Гримстер нагнулся, включил магнитофон и спросил:

— Таким, как я, был и Гарри, верно?

— Да. Откуда вы знаете?

— Сужу по его вещам на чердаке. По пальто и обуви.

— Правильно. Едва вещь слегка ветшала, он ее выбрасывал. — Лили рассмеялась. — Говорил, большинство людей проходят по жизни, таская на себе мусор. Иногда он мылся трижды в день. Трижды! Я посмеивалась: «Смотри, смоешься!» — Она взглянула на магнитофон и спросила: — Начинаем новую серию, да?

— Всего несколько вопросов, а потом — в Барнстепл. Анджела предлагает вам пойти в парикмахерскую, где сама делает прическу.

— Замечательно. Надеюсь, меня там постригут лучше, чем ее. — Лили села, положила ногу на ногу и поправила юбку. — Начинайте, мистер следователь.

— Вы осмотрели вещи Гарри. Среди них есть обратный билет до Оксфорда на тот же день, когда вы приехали в Лондон. Вы знали, что он собирался возвращаться немедленно?

— Нет.

— Он не говорил об этом?

— Не говорил. Если бы захотел, рассказал бы о своих планах сам — с пустыми расспросами я никогда к нему не приставала.

— Как вы думаете, почему у него в квартире не было никаких картин?

— Понятия не имею. К искусству он был довольно строг. Терпеть не мог репродукций. На вилле он их почти все поснимал.

Гримстер знал ответ на этот вопрос. Отсутствие картин он заметил еще в описи и перед разговором с Лили связался с Копплстоуном. Оказалось, в одном из музеев Гарри брал напрокат по две картины в месяц. После его смерти очередные картины были возвращены в музей. Очевидно, Диллинг хранил свою лондонскую жизнь в тайне от Лили. Вспомнив о книге «Домашний врач», Гримстер спросил:

— Как Гарри относился к своему здоровью?

Лили улыбнулась:

— Берег как зеницу ока. Стоило где-нибудь вскочить прыщику, как он мчался к врачу. И тонизирующее пил, как лимонад. Особенно налегал на какой-то «Метатон».

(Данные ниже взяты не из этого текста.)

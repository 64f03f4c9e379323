//! Where a text comes from, and where its answer goes.
ghost use Rattle.std.specs.Prelude.{◌≡◌, ◌<◌, ◌≤◌, ℕ, List, Option, Bool, true, false, length, IfOk, OnOk, OnErr};
ghost use Rattle.std.specs.Io.{ReadsAtMost};
ghost use Rattle.std.specs.Io.KnownBytes.{ReadConsumes, WriteAppends, Keeps};
ghost use Rattle.set_program.specs.Counts.{HasCause, CountsTaken};

mod memory_sink;
mod memory_source;
mod plain;
mod standard;
#[cfg(test)]
mod standard_tests;
#[cfg(test)]
mod watched;

pub use crate::devices::memory_sink::MemorySink;
pub use crate::devices::memory_source::MemorySource;
pub use crate::devices::plain::{PlainSink, PlainSource};
pub use crate::devices::standard::{StdSink, StdSource};
#[cfg(test)]
pub(crate) use crate::devices::watched::{EndlessSource, WatchedSink, WatchedSource};

/// A call on a device failed.
#[derive(Clone, Copy, Debug, PartialEq, Eq)]
pub struct Failed;

/// Where a text comes from. It counts the bytes that were taken and the reads that failed; a count
/// never falls, and stays at `u64::MAX` once it is there.
pub trait Source {
    /// The bytes that are left to read, where the source tells them.
    ghost left: { Self → Option (List ℕ) };

    /// How many bytes were taken.
    ghost taken: { Self → ℕ };

    /// How many reads failed.
    ghost faults: { Self → ℕ };

    /// Puts the next bytes at the front of the buffer, and answers how many. `Ok(0)` is the end of
    /// the input. After `Failed` nothing was taken, and the failed read is counted.
    fn read(&mut self, buffer: &mut [u8]) -> Result<usize, Failed>
        requires { 0 < length buffer.old }
        ensures bound { ReadsAtMost result buffer.new }
        ensures bytes { ReadConsumes (left self.old) (left self.new) result buffer.new }
        ensures taken { CountsTaken (taken self.old) (taken self.new) result }
        ensures cause { HasCause (faults self.old) (faults self.new) result };
}

/// Where an answer goes. It counts the writes and finishes that failed; the count never falls, and
/// stays at `u64::MAX` once it is there.
pub trait Sink {
    /// The bytes that were written, where the sink tells them.
    ghost written: { Self → Option (List ℕ) };

    /// Whether it is finished.
    ghost finished: { Self → Bool };

    /// How many writes and finishes failed.
    ghost faults: { Self → ℕ };

    /// Writes bytes from the front of the piece, and answers how many, at least one. After `Failed`
    /// nothing was written, and the failed write is counted.
    fn write(&mut self, piece: &[u8]) -> Result<usize, Failed>
        requires { 0 < length piece.now }
        ensures bound { IfOk result (λ n. (1 ≤ n) × (n ≤ length piece.now)) }
        ensures bytes { WriteAppends (written self.old) (written self.new) result piece.now }
        ensures unfinished { OnOk result (finished self.new ≡ false) }
        ensures failed { OnErr result (finished self.new ≡ finished self.old) }
        ensures cause { HasCause (faults self.old) (faults self.new) result };

    /// Ends the writing: what was written has gone on its way. After `Failed` the sink is finished
    /// only if it was before, and the failed finish is counted.
    fn finish(&mut self) -> Result<(), Failed>
        ensures bytes { Keeps (written self.old) (written self.new) }
        ensures finished { OnOk result (finished self.new ≡ true) }
        ensures failed { OnErr result (finished self.new ≡ finished self.old) }
        ensures cause { HasCause (faults self.old) (faults self.new) result };
}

Аккуратный, заботящийся о своем здоровье, чистоплотный до предела, ведущий две жизни, одну с Лили, другую в Лондоне или где-нибудь еще, — характер Диллинга прояснялся.

— У него на год отобрали права, — продолжал Гримстер. — Вы были с ним, когда это случилось?

— Нет. Он ездил с другом куда-то, по-моему, в Гертфортшир.

— Его можно было назвать человеком, склонным к риску?

— Не всегда. Обычно он был осторожен. Но иногда отпускал тормоза.

— Когда он остался без прав, за руль сели вы?

— И только я. Без прав он ездить не хотел.

— Где вы научились водить машину?

— Был у меня до Гарри один парень, он и научил. Опять не понимаю, к чему вы клоните, Джонни, — призналась Лили, беспокойно ерзая на стуле.

— Так дождливым утром время быстрее пробежит, — улыбнулся в ответ Гримстер. — Машину, на которой вы ездили, Гарри взял напрокат?

— Да. В ближайшем гараже. Свою он, оставшись без прав, продал.